Gardener's Supply Company

Building a Bean Tower

If there’s one thing you know about your children, you know they enjoy playing hide and seek. Why not try building a bean tower that they can use to hide in and still provide the family with fresh green beans to enjoy.

The process of building bean towers isn’t difficult, so it’s something your children can help you with. Who knows? They may even decide to eat some of those green beans when they help you pick them, or while they’re hiding inside the tower.

Your children will be able to help you plan where to place the bean towers and then help planting the beans. Making actual towers may difficult, so instead create a teepee to accomplish the same effect. Here’s what you’ll need:

* 3 to 6 poles or stakes that are at least 6 to 8 feet long per planting tower. If you’d like to have more than one tower or a larger diameter, you’ll want to have more than the 3 to 6 poles.

* Lay all of the poles next to one another on the ground.

* Using weatherproof cord or rope, tie it around all of the poles starting about six inches from one end. Try to keep the poles moveable, so you don’t want to tie them together too tightly.

* Create a circle on the ground that is about three feet in diameter. Mark the center of the circle to show where the center of the teepee will go.

* Carefully stand up the poles, spacing them evenly to create a teepee. Then you can push the poles into the ground a couple of inches one by one.

* Weave twine between the sides from the top of the teepee to the bottom. This will be the framework that the bean vines grow up. Leave one section open between the poles to act as your entrance.

* Plant several plants (choosing only one of these: pole beans, peas, cucumbers, or morning glory) or several seeds at the base of each pole. When the plants sprout, you can thin them out and keep only those that are hardiest.

You can also grow potatoes on towers or teepees except you can use a heavy-gauge wire cage that’s 2 to 3 feet in diameter and about 3 feet tall. Place the cages to allow the plants to get at least six hours of sun a day. Line the cage with hay to provide composting material; you’ll need at least 4 inches of compost in the bottom of the cylinder. Then place 4 to 5 seed potatoes (places at least 6 inches apart).

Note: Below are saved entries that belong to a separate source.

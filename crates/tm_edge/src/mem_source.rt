//! A source over bytes in memory.
ghost use Rattle.std.specs.Prelude.{◌≡◌, ◌+◌, ◌-◌, ◌^◌, ◌<◌, ◌≤◌, ◌↔◌, min, Some, length, take, drop, IfOk, OnOk, OnErr, IsErr, IsTrue, if◌then◌else◌};
ghost use Rattle.std.specs.Io.KnownBytes.{prepend_known, IsAtEnd};
ghost use Rattle.tm_edge.specs.Fault.{HasRisen};
ghost use Rattle.tm_edge.specs.Feed.{EdgeFails};

use crate::{Failed, Source, TextSource};
use std::marker::Model;
use tm_types::Bytes;

/// A source over bytes in memory, which it tells.
#[derive(Debug, Drop)]
pub struct MemSource {
    text: TextSource,
    calls: u64,
    faults: u64,
    fail_at: Vec<u64>,
}

impl Model for MemSource {
    ghost use Rattle.std.specs.Prelude.{◌^◌, ◌≤◌, ◌<◌};
    ghost use Rattle.tm_edge.specs.Feed.{Feed};

    ghost Value = { Feed };

    ghost view = { λ s. record { left = s.text; calls = s.calls; faults = s.faults; fail_at = s.fail_at.items } };

    ghost invariant = { λ s. (s.faults ≤ s.calls) × (s.calls < 2 ^ 64) };
}

impl MemSource {
    /// A source of these bytes that fails at the listed calls of `take`, counted from 1, and at
    /// no others.
    pub fn new(bytes: Vec<u8>, fail_at: Vec<u64>) -> MemSource
        ensures left { result.left ≡ bytes.items }
        ensures fail_at { result.fail_at ≡ fail_at.items }
        ensures calls { result.calls ≡ 0 }
        ensures faults { result.faults ≡ 0 }
    {
        MemSource {
            text: TextSource::new(Bytes::from_vec(bytes)),
            calls: 0,
            faults: 0,
            fail_at,
        }
    }

    // Counts a call, and says whether it is to fail.
    fn fails(&mut self) -> bool
        ensures fails { IsTrue result ↔ EdgeFails self.old.calls self.old.fail_at }
        ensures left { self.new.left ≡ self.old.left }
        ensures fail_at { self.new.fail_at ≡ self.old.fail_at }
        ensures calls { self.new.calls ≡ min (self.old.calls + 1) (2 ^ 64 - 1) }
        ensures faults { self.new.faults ≡ self.old.faults + (if result then 1 else 0) }
    {
        if self.calls == u64::MAX {
            return false;
        }
        self.calls += 1;
        let fails = self.fail_at.contains(&self.calls);
        if fails {
            self.faults += 1;
        }
        fails
    }
}

impl Source for MemSource {
    ghost left = { λ s. Some s.left };

    ghost faults = { λ s. s.faults };

    fn take(&mut self, into: &mut [u8]) -> Result<usize, Failed>
        ensures within { IfOk result (λ n. n ≤ length into.new) }
        ensures taken { IfOk result (λ n. Some self.old.left ≡ prepend_known (take n into.new) (Some self.new.left)) }
        ensures ending { IfOk result (λ n. n ≡ 0 → 0 < length into.new → IsAtEnd (Some self.new.left)) }
        ensures kept { OnErr result (Some self.new.left ≡ Some self.old.left) }
        ensures count { self.old.faults ≤ self.new.faults }
        ensures no_fault { OnOk result (self.new.faults ≡ self.old.faults) }
        ensures failed { OnErr result (HasRisen self.old.faults self.new.faults) }

        // It fails at the listed calls and at no others, and gives as much as the buffer takes.
        ensures listed { IsErr result ↔ EdgeFails self.old.calls self.old.fail_at }
        ensures filled { IfOk result (λ n. n ≡ min (length into.new) (length self.old.left)) }
        ensures list { self.new.fail_at ≡ self.old.fail_at }
        ensures calls { self.new.calls ≡ min (self.old.calls + 1) (2 ^ 64 - 1) }
    {
        if self.fails() {
            return Err(Failed);
        }
        self.text.take(into)
    }
}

Cover the potatoes with 3 to 4 inches of dirt, then water them well. Cover the plants with more compost as they grow until the compost reaches 6 inches below the top of the cage, and then stop adding compost. Keep the cylinder well watered. When the plants begin to wither and turn yellow, it’s time to let your children take the cylinder apart and harvest the potatoes, normally around twenty new potatoes per plant.

When the vegetables have been harvested, no matter which ones you plant, be sure to save the dead plants. You can use them to add to a compost pile for other plants or spread them out in the garden to nourish the whole garden. After all of the work is done, don’t forget to tell your children to enjoy the fruits of their labor.